Trump officially subpoenaed by Jan. 6 committee
The House select committee investigating the Jan. 6 attack on Friday formally issued a subpoena to former President Trump.
Why it matters: Trump is the highest-ranking individual targeted for testimony by the panel, which has been building a case that the ex-president was the primary instigator of the deadly riot.
Driving the news: Reps. Bennie Thompson (D-Miss.) and Liz Cheney (R-Wyo.), the chair and vice chair of the panel, are requesting Trump turn over documents by Nov. 4 and appear for a deposition on Nov. 14.
- "As demonstrated in our hearings, we have assembled overwhelming evidence ... that you personally orchestrated and oversaw a multi-part effort to overturn the 2020 presidential election," they wrote in a letter shared publicly Friday.
- The committee seeks testimony about Trump's dealings with associates who invoked the Fifth Amendment when questioned by the panel about their communications with him, including Michael Flynn, Roger Stone, John Eastman, Jeffrey Clark and Kelli Ward.
- It also says the testimony and documents will inform the committee's planned legislative recommendations to ensure "no future President could succeed at anything even remotely similar to the unlawful steps you took to overturn the election."
The details: Among the documents listed in the subpoena are Trump's communications on Jan. 6, 2021 and any photographs or videos taken on that day related to the Ellipse rally, the joint session of Congress or the Capitol riot. Also requested are:
- Communications from Nov. 3, 2020 to Jan. 6, 2021 about efforts to press former Vice President Mike Pence, state legislators, the Justice Department and members of Congress to help overturn the election, as well as summoning supporters to D.C. on Jan. 6.
- Communications during that period between Trump and more than a dozen of his associates including Stone, Flynn, Eastman, Rudy Giuliani, Steve Bannon and Sidney Powell.
- Communications during that period about lawsuits and potential lawsuits that may have delayed or disrupted the joint session, and about fundraising off of claims of election fraud.
- Documents and communications from Sept. 1, 2020 to the present regarding the Oath Keepers, the Proud Boys, other militia groups and any individuals who attended the Ellipse rally or the Capitol riot.
- Communications from July, 2021 to the present about the select committee, as well as witnesses who testified to the panel and their lawyers.
- Documents about the destruction of any materials that would have been covered by the subpoena.
Between the lines: The sweeping document request touches each branch of the multi-pronged effort to overturn the election that the committee elucidated in its public hearings this summer.

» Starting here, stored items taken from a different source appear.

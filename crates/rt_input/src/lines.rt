// The lines of an input.
ghost use Rattle.std.specs.Prelude.{◌≡◌, ◌+◌, ◌<◌, ◌≤◌, ◌^◌, ◌⊎◌, ◌++◌, ◌∷◌, [], ◌==◌, ℕ, List, not};
ghost use Rattle.std.specs.Prelude.{true, false, Ok};
ghost use Rattle.std.specs.Prelude.{Some, is_some, length, position, take};
ghost use Rattle.std.specs.Prelude.{IfOk, IfErr, OnOk, OnErr};
ghost use Rattle.std.specs.Io.KnownBytes.{Consumes, IsAtEnd};
ghost use Rattle.rt_input.specs.Lines.{Gives, most_input, most_lines, new_lines, resumed_by, TellsOfReads};

use crate::fault::ConsoleError;
use crate::stream::Source;
use std::alloc::{AllocError, Global};
use std::marker::Model;

/// The most bytes of input that are taken.
pub const MOST_INPUT: usize = 67_108_864;

// How many bytes are read at once.
const CHUNK: usize = 65_536;

/// Gives the lines of an input, one after another: its pieces between line feeds, the last of them also
/// where it is empty. A line is kept until the next is asked for.
pub struct LineReader {
    line: Vec<u8>,
    // What was read last, of which the bytes from `start` to `end` are not taken yet.
    chunk: Vec<u8>,
    start: usize,
    end: usize,
    // How many bytes were read.
    count: usize,
    ended: bool,
}

impl Drop for LineReader {
    fn drop(self) {
        let LineReader {
            line: _,
            chunk: _,
            start: _,
            end: _,
            count: _,
            ended: _,
        } = self;
    }
}

impl Model for LineReader {
    ghost use Rattle.std.specs.Prelude.{◌≡◌, ◌≤◌, ◌-◌, length, take, drop};
    ghost use Rattle.rt_input.specs.Lines.{Lines, most_input};

    ghost Value = { Lines };

    ghost view = { λ a. record {
      line = a.line.items;
      rest = take (a.end - a.start) (drop a.start a.chunk.items);
      count = a.count;
      ended = a.ended;
    } };

    ghost invariant = { λ a. (a.start ≤ a.end) × (a.end ≤ length a.chunk.items)
        × (length a.chunk.items ≡ 65536) × (a.count ≤ most_input) };
}

// The place of the first line feed.
fn feed_in(bytes: &[u8]) -> Option<usize>
    ensures { result ≡ position (λ byte. byte == 10) bytes.now }
{
    bytes.iter().position(|byte| *byte == b'\n')
}

// Reads some of the input, and answers how many bytes: none only at its end.
fn read_some<S: Source>(reader: &mut S, chunk: &mut [u8]) -> Result<usize, ConsoleError>
    requires bytes { S.given reader.old + length chunk.old < 2 ^ 64 }
    requires failures { S.failures reader.old + 1 < 2 ^ 64 }
    requires room { 0 < length chunk.old }
    ensures fits { IfOk result (λ n. n ≤ length chunk.old) }
    ensures given { IfOk result (λ n. S.given reader.new ≡ S.given reader.old + n) }
    ensures none_failed { OnOk result (S.failures reader.new ≡ S.failures reader.old) }
    ensures end { IfOk result (λ n. n ≡ 0 → IsAtEnd (S.remaining reader.new)) }
    ensures bytes { IfOk result (λ n.
        Consumes (S.remaining reader.old) (S.remaining reader.new) (take n chunk.new)) }
    ensures error { IfErr result (λ e. e ≡ ConsoleError.ReadFault) }
    ensures fault { OnErr result (S.failures reader.new ≡ S.failures reader.old + 1) }
{
    match reader.read(chunk) {
        Ok(count) => Ok(count),
        Err(_) => Err(ConsoleError::ReadFault),
    }
}

impl LineReader {
    /// Nothing has been read.
    pub fn new(alloc: Global) -> Result<LineReader, AllocError>
        ensures { IfOk result (λ lines. lines ≡ new_lines) }
    {
        Ok(LineReader {
            line: Vec::new(alloc),
            chunk: vec![in alloc; 0u8; CHUNK]?,
            start: 0,
            end: 0,
            count: 0,
            ended: false,
        })
    }

    /// The line that was given last.
    pub fn line(&self) -> &[u8]
        ensures { result.now ≡ self.now.line }
    {
        self.line.as_slice()
    }

    /// Whether the next line is there, so that nothing has to be read for it.
    pub fn has_line(&self) -> bool
        ensures { result ≡ is_some (position (λ byte. byte == 10) self.now.rest) }
    {
        feed_in(&self.chunk[self.start..self.end]).is_some()
    }

    // Takes on what was read, up to its first line feed or all of it, and answers whether the line is
    // whole.
    fn take_piece(&mut self) -> Result<bool, AllocError>
        ensures whole { IfOk result (λ whole. whole ≡ true → (left : List ℕ)
            → resumed_by self.old left ≡ self.new.line ∷ resumed_by (record (self.new) { line = [] }) left) }
        ensures part { IfOk result (λ whole. whole ≡ false → (left : List ℕ)
            → resumed_by self.old left ≡ resumed_by self.new left) }
        ensures nothing { IfOk result (λ whole. whole ≡ false → self.new.rest ≡ []) }
        ensures fewer { IfOk result (λ whole. whole ≡ true
            → length self.new.rest < length self.old.rest) }
        ensures count { OnOk result (self.new.count ≡ self.old.count) }
        ensures ended { OnOk result (self.new.ended ≡ self.old.ended) }
    {
        let rest = &self.chunk[self.start..self.end];
        match feed_in(rest) {
            Some(len) => {
                self.line.extend_from_slice(&rest[..len])?;
                self.start += len + 1;
                Ok(true)
            }
            None => {
                self.line.extend_from_slice(rest)?;
                self.start = self.end;
                Ok(false)
            }
        }
    }

    // Reads more of the input behind what was taken on, and answers whether there was more.
    fn read_on<S: Source>(&mut self, reader: &mut S) -> Result<bool, ConsoleError>
        requires rest { self.old.rest ≡ [] }
        requires bytes { S.given reader.old ≤ 2 ^ 63 + self.old.count }
        requires reads { S.failures reader.old + 1 < 2 ^ 64 }
        ensures read { OnOk result
            (Consumes (S.remaining reader.old) (S.remaining reader.new) self.new.rest) }
        ensures end { IfOk result (λ more. more ≡ false
            → (self.new.rest ≡ []) × IsAtEnd (S.remaining reader.new)) }
        ensures more { IfOk result (λ more. more ≡ true → self.old.count < self.new.count) }
        ensures taken { OnOk result (length self.new.rest + self.old.count ≤ self.new.count) }
        ensures line { self.new.line ≡ self.old.line }
        ensures ended { self.new.ended ≡ self.old.ended }
        ensures within { self.new.count ≤ most_input }
        ensures given { OnOk result
            (S.given reader.new + self.old.count ≡ S.given reader.old + self.new.count) }
        ensures ok { OnOk result (S.failures reader.new ≡ S.failures reader.old) }
        ensures fault { IfErr result (λ e. TellsOfReads e self.old.count (S.given reader.old)
            (S.given reader.new) (S.failures reader.old) (S.failures reader.new)) }
    {
        let count = read_some(reader, self.chunk.as_mut_slice())?;
        if count > MOST_INPUT - self.count {
            return Err(ConsoleError::ReadFault);
        }
        self.start = 0;
        self.end = count;
        self.count += count;
        Ok(count > 0)
    }

    /// Gives the next line, and answers whether there is one.
    ///
    /// # Errors
    ///
    /// `ReadFault` where the reader fails, or gives more than [`MOST_INPUT`] bytes, and `NoMemory`. After
    /// either the line that was being read is lost.
    pub fn next<S: Source>(&mut self, reader: &mut S) -> Result<bool, ConsoleError>
        requires bytes { S.given reader.old ≤ 2 ^ 63 + self.old.count }
        requires reads { S.failures reader.old + 1 < 2 ^ 64 }
        ensures more { IfOk result (λ more. more ≡ not self.old.ended) }
        ensures gives { OnOk result ((left : List ℕ) → S.remaining reader.old ≡ Some left
            → Gives self.old left self.new (S.remaining reader.new)) }
        ensures end { OnOk result (self.old.ended ≡ false → self.new.ended ≡ true
            → IsAtEnd (S.remaining reader.new)) }
        ensures fewer { IfOk result (λ more. more ≡ true → most_lines self.new < most_lines self.old) }
        ensures nothing { self.old.ended ≡ true
            → (result ≡ Ok false) × (self.new ≡ self.old) × (reader.new ≡ reader.old) }
        ensures within { OnOk result (self.new.count ≤ most_input) }
        ensures given { OnOk result
            (S.given reader.new + self.old.count ≡ S.given reader.old + self.new.count) }
        ensures ok { OnOk result (S.failures reader.new ≡ S.failures reader.old) }
        ensures fault { IfErr result (λ e. TellsOfReads e self.old.count (S.given reader.old)
            (S.given reader.new) (S.failures reader.old) (S.failures reader.new)) }
    {
        if self.ended {
            return Ok(false);
        }
        self.line.clear();
        'pieces: loop {
            if self.take_piece()? {
                return Ok(true);
            }
            if !self.read_on(reader)? {
                self.ended = true;
                return Ok(true);
            }
        }
    }
}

- It also covers investigative avenues the panel is still pursuing, such as asking for communications with any Secret Service agents, including former agent and White House Deputy Chief of Staff Anthony Ornato.
What we're watching: The subpoena could ultimately lead to a protracted legal battle with Trump, who has repeatedly assailed the committee in public and reportedly told aides privately he would prefer to testify live.
- Thompson and Cheney also acknowledged in the subpoena that it is a "significant and historic action," but noted it is not unprecedented, listing nine sitting and former presidents who testified to Congress or turned over evidence in response to congressional subpoenas.
The backdrop: The committee voted unanimously during a meeting last week to subpoena Trump.
- The two-and-a-half-hour public hearing focused on Trump's central role in the attack and the events leading up to it.
- Trump sent a 14-page letter to the panel the following day in which he didn't say if he would agree to testify.
Editor's note: This story was updated with details throughout.